3.what are the search strategies for the mining of multi-level association rules with decreasing support? What are the characteristics of each? (6 points)
Answer: search strategies used in mining multilevel association rules with decreasing support include:
Layer by layer independence: full width search without background knowledge of frequent itemsets for pruning. Investigate each node, regardless of whether its parent is frequent. The feature is that the condition is loose, which can result in examining a large number of non frequent items at the lower level and finding some unimportant associations: (2 points)
Layer cross k- item set filtering: a k- item set of layer I is investigated, if and only if it is in the (iT) layer of the corresponding parent node, the k- itemsets are frequent. The feature is that the restrictions are too strong, and some valuable patterns may be filtered out by that method; (2 points)
Layer crossing individual filtering: a layer I entry is investigated if and only if it is in the (iT) layer of the parent node that is frequent. It is a compromise between the two extreme strategies. (2 points)
pared with other applications, what are the advantages of data mining in e-commerce? (6 points)
A: compared to other applications, the advantages of data mining in e-
commerce include:
E-commerce provides huge amounts of data:
Click stream (Clickstreams) will generate a large amount of data mining by e-commerce:
Rich record information:
Good WEB site design will help you get rich information about goods, categories, visitors, and so on;
Clean data:
Electronic data collected from e-commerce sites requires no manual input or integration from the historical system;
Research results are easy to translate:
In e-commerce, a lot of knowledge discovery can be applied directly;
Investment returns are easy to measure:
All the data are electronic, and it is very convenient to generate all kinds of reports and calculate all kinds of income.

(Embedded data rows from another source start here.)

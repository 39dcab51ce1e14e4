ghost use Rattle.std.specs.Prelude.{
  ◌≡◌,
  ◌+◌,
  ◌<◌,
  ◌≤◌,
  ◌↔◌,
  Some,
  true,
  length,
  drop,
  IsSome,
  IfOk,
  OnOk,
  OnErr,
  option_map,
};
ghost use Rattle.std.specs.Option.{option_copied};
ghost use Rattle.nop_types.specs.BorrowedLogs.{log_of};
ghost use Rattle.nop_types.specs.Logs.{
  Trimmed,
  empty,
  whole,
  length_of,
  has_room,
  entry_at,
  between,
  above,
  further,
  first,
  appended,
  with_noop,
  adopted,
  overlaid,
};

use nop_types::{Checkpoint, Entry, Log, LogRef, MAX_LENGTH, MAX_SLOTS, NoMemory, lay_over};
use std::alloc::Global;
use std::marker::Model;
use std::mem;

/// The log of a replica: its sync point, the checkpoint that is in place of the entries up to there, and at most `MAX_SLOTS`
/// entries above. Slots count from 1, and there are at most `MAX_LENGTH`.
#[derive(Drop)]
pub struct ReplicaLog {
    sync_point: u32,
    checkpoint: Option<Checkpoint>,
    entries: Vec<Entry>,
}

impl Model for ReplicaLog {
    ghost use Rattle.std.specs.Prelude.{length, ◌≤◌, ◌+◌};
    ghost use Rattle.nop_types.specs.declared.limits.TheConstants.{MAX_SLOTS, MAX_LENGTH};
    ghost use Rattle.nop_types.specs.Logs.{Log};

    ghost Value = { Log };

    ghost view = { λ l. record {
      sync_point = l.sync_point;
      checkpoint = l.checkpoint;
      entries = l.entries.items;
    } };

    ghost invariant = { λ l. (length l.entries.items ≤ MAX_SLOTS)
        × (l.sync_point + length l.entries.items ≤ MAX_LENGTH) };
}

/// Drops the first `count` entries, or all where there are fewer.
fn drop_prefix(entries: &mut Vec<Entry>, count: u32)
    ensures { entries.new.items ≡ drop count entries.old.items }
{
    let count = entries.len().min(count as usize);
    entries.drain(..count);
}

impl ReplicaLog {
    /// No entries, at sync point 0.
    pub fn new(alloc: Global) -> ReplicaLog
        ensures { result ≡ empty }
    {
        ReplicaLog {
            sync_point: 0,
            checkpoint: None,
            entries: Vec::new(alloc),
        }
    }

    /// The slots up to this one are synchronised; a checkpoint is in place of their entries.
    pub fn sync_point(&self) -> u32
        ensures { result ≡ self.now.sync_point }
    {
        self.sync_point
    }

    pub fn checkpoint(&self) -> Option<&Checkpoint>
        ensures { option_copied result ≡ self.now.checkpoint }
    {
        self.checkpoint.as_ref()
    }

    /// The last slot.
    pub fn len(&self) -> u32
        ensures len { result ≡ length_of Trimmed self.now }
        ensures room { length self.now.entries ≤ MAX_SLOTS }
        ensures limit { result ≤ MAX_LENGTH }
    {
        self.sync_point + self.entries.len() as u32
    }

    /// Whether one more entry can be appended.
    pub fn has_room(&self) -> bool
        ensures { result ≡ has_room Trimmed self.now }
    {
        self.entries.len() < MAX_SLOTS && self.len() < MAX_LENGTH
    }

    /// The entries above the sync point, in the order of their slots.
    pub fn entries(&self) -> &[Entry]
        ensures entries { result.now ≡ self.now.entries }
        ensures room { length self.now.entries ≤ MAX_SLOTS }
        ensures limit { length_of Trimmed self.now ≤ MAX_LENGTH }
    {
        &self.entries
    }

    /// What is in a slot above the sync point.
    pub fn at(&self, slot: u32) -> Option<&Entry>
        ensures entry { option_map (λ e. e.now) result ≡ entry_at Trimmed self.now slot }
        ensures some { IsSome result
            ↔ ((self.now.sync_point < slot) × (slot ≤ length_of Trimmed self.now)) }
    {
        let place = slot.checked_sub(self.sync_point)?.checked_sub(1)?;
        self.entries.get(place as usize)
    }

    /// The log up to a slot, no lower than the sync point, for a message.
    pub fn first(&self, slot: u32) -> LogRef<'_>
        requires low { self.now.sync_point ≤ slot }
        requires there { slot ≤ length_of Trimmed self.now }
        ensures { log_of result ≡ first Trimmed self.now slot }
    {
        LogRef {
            sync_point: self.sync_point,
            checkpoint: self.checkpoint.as_ref(),
            entries: &self.entries[..(slot - self.sync_point) as usize],
        }
    }

    /// All of it, for a message.
    pub fn as_ref(&self) -> LogRef<'_>
        ensures { log_of result ≡ self.now }
    {
        LogRef {
            sync_point: self.sync_point,
            checkpoint: self.checkpoint.as_ref(),
            entries: &self.entries,
        }
    }

    /// A copy.
    pub fn copy(&self) -> Result<Log, NoMemory>
        ensures { IfOk result (λ log. log ≡ self.now) }
    {
        self.as_ref().to_log(*self.entries.allocator())
    }

    pub fn append(&mut self, entry: Entry) -> Result<(), NoMemory>
        requires { has_room Trimmed self.old ≡ true }
        ensures ok { OnOk result (self.new ≡ appended self.old entry) }
        ensures err { OnErr result (self.new ≡ self.old) }
    {
        self.entries.push(entry)?;
        Ok(())
    }

    /// Puts a NO-OP into a slot above the sync point, over whatever stands there.
    pub fn put_noop(&mut self, slot: u32)
        requires above { self.old.sync_point < slot }
        requires there { slot ≤ length_of Trimmed self.old }
        ensures { self.new ≡ with_noop Trimmed self.old slot }
    {
        self.entries[(slot - self.sync_point) as usize - 1] = Entry::NoOp;
    }

    /// The sync point rises to a slot, with the checkpoint of the slots up to there. The entries between are handed out, as a log
    /// without a checkpoint. On an error the log is as before.
    pub fn raise(&mut self, slot: u32, checkpoint: Checkpoint) -> Result<Log, NoMemory>
        requires low { self.old.sync_point ≤ slot }
        requires there { slot ≤ length_of Trimmed self.old }
        ensures between { IfOk result (λ log. log ≡ whole 0 (between Trimmed self.old slot)) }
        ensures ok { OnOk result (self.new ≡ record {
          sync_point = slot;
          checkpoint = Some checkpoint;
          entries = above Trimmed self.old slot;
        }) }
        ensures err { OnErr result (self.new ≡ self.old) }
    {
        let count = (slot - self.sync_point) as usize;
        let kept = self.entries.split_off(count)?;
        let passed = mem::replace(&mut self.entries, kept);
        self.sync_point = slot;
        self.checkpoint = Some(checkpoint);
        Ok(Log::new(0, None, passed))
    }

    /// The greater sync point of the two logs is the own one then, with its checkpoint. The own entries up to there go; the result
    /// is the other log's entries above.
    fn take_sync_point(&mut self, log: Log) -> Vec<Entry>
        ensures own { let g = further log self.old in self.new ≡ record g {
          entries = above Trimmed self.old g.sync_point;
        } }
        ensures other { result.items ≡ above Trimmed log (further log self.old).sync_point }
        ensures room { length result.items ≤ MAX_SLOTS }
        ensures limit { self.new.sync_point + length result.items ≤ MAX_LENGTH }
    {
        let sync_point = log.sync_point();
        let (checkpoint, mut entries) = log.into_parts();
        if sync_point > self.sync_point {
            drop_prefix(&mut self.entries, sync_point - self.sync_point);
            self.sync_point = sync_point;
            self.checkpoint = checkpoint;
        } else {
            drop_prefix(&mut entries, self.sync_point - sync_point);
        }
        entries
    }

    /// Takes another log: all of it where its sync point is greater than the own one, else its entries above the own sync point.
    #[tactic(auto, using(crate::proofs::Adopted::trimmed_adopted))]
    pub fn adopt(&mut self, log: Log)
        ensures { self.new ≡ adopted Trimmed log self.old }
    {
        self.entries = self.take_sync_point(log);
    }

    /// Takes another log likewise, but the own entries above its end stay. On an error the log is as before.
    #[tactic(auto, using(crate::proofs::Adopted::trimmed_laid_over))]
    pub fn overlay(&mut self, log: Log) -> Result<(), NoMemory>
        ensures ok { OnOk result (self.new ≡ overlaid Trimmed log self.old) }
        ensures err { OnErr result (self.new ≡ self.old) }
    {
        let entries = self.take_sync_point(log);
        lay_over(&mut self.entries, entries);
        Ok(())
    }
}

Five, algorithm problems (20 points)
1, answer:
(1)the basic steps of Aprior algorithm include connection and pruning
(2)
Using Apiori property, C3 is generated by L2
1.connection:
C3=L2 L2=
({A, C}, {B, C}, {B, E) {C, E), {{A, C}, {B, C}, {B, E) {C, E}} ={{A, B, C}, E)), {A, C, C, E}, {B, C, a.
2.pruning with Apriori properties: all subsets of frequent itemsets must be frequent, C3,
We can delete its subsets as non frequent options:
The 2 subsets of (A, B, and C} are (A, B}, (A, C}, (B, , C}, where {A and B} are not elements of the L2, so delete this option;
The 2 subsets of {A, C, and E} are {A, C}, {A, E}, {C,, E}, where {A and E} are not elements of the L2, so delete this option;
The 2 subsets of (B, C, and E} are (B, C}, (B, E}, (C, E}, and all 2 - item subsets of it are elements of L2, so keep this option.
3.this way, after pruning, you get C3= ((B, C, E))
After branch, get C3= ((B, C, E))
2, answer:
(1) the basic strategy of decision tree induction algorithm is as
follows:
The tree starts with nodes representing a single training sample.
If the samples are in the same class, the node becomes a leaf and is marked with that class.
Otherwise, the algorithm uses entropy based metrics that become information gain as heuristic information, and selects the attributes that best classify the samples.
For each known value of the test property, create a branch and divide the sample accordingly.
The algorithm uses the same procedure recursively to form a sample decision tree on each partition. Once an attribute appears on a node, it is not necessary to consider any offspring of that node.
The recursive division step stops only when one of the following conditions is established:
(a)all samples of a given node belong to the same class:
(b)no remaining attributes can be used to further partition the samples. In this case, the nodes are converted into leaves using the class number obtained by majority voting.
(c)if a branch does not have a sample, a leaf is created with the majority of the classes that it divides into prior training samples.
(2) the decision tree buysPCGame is as follows:。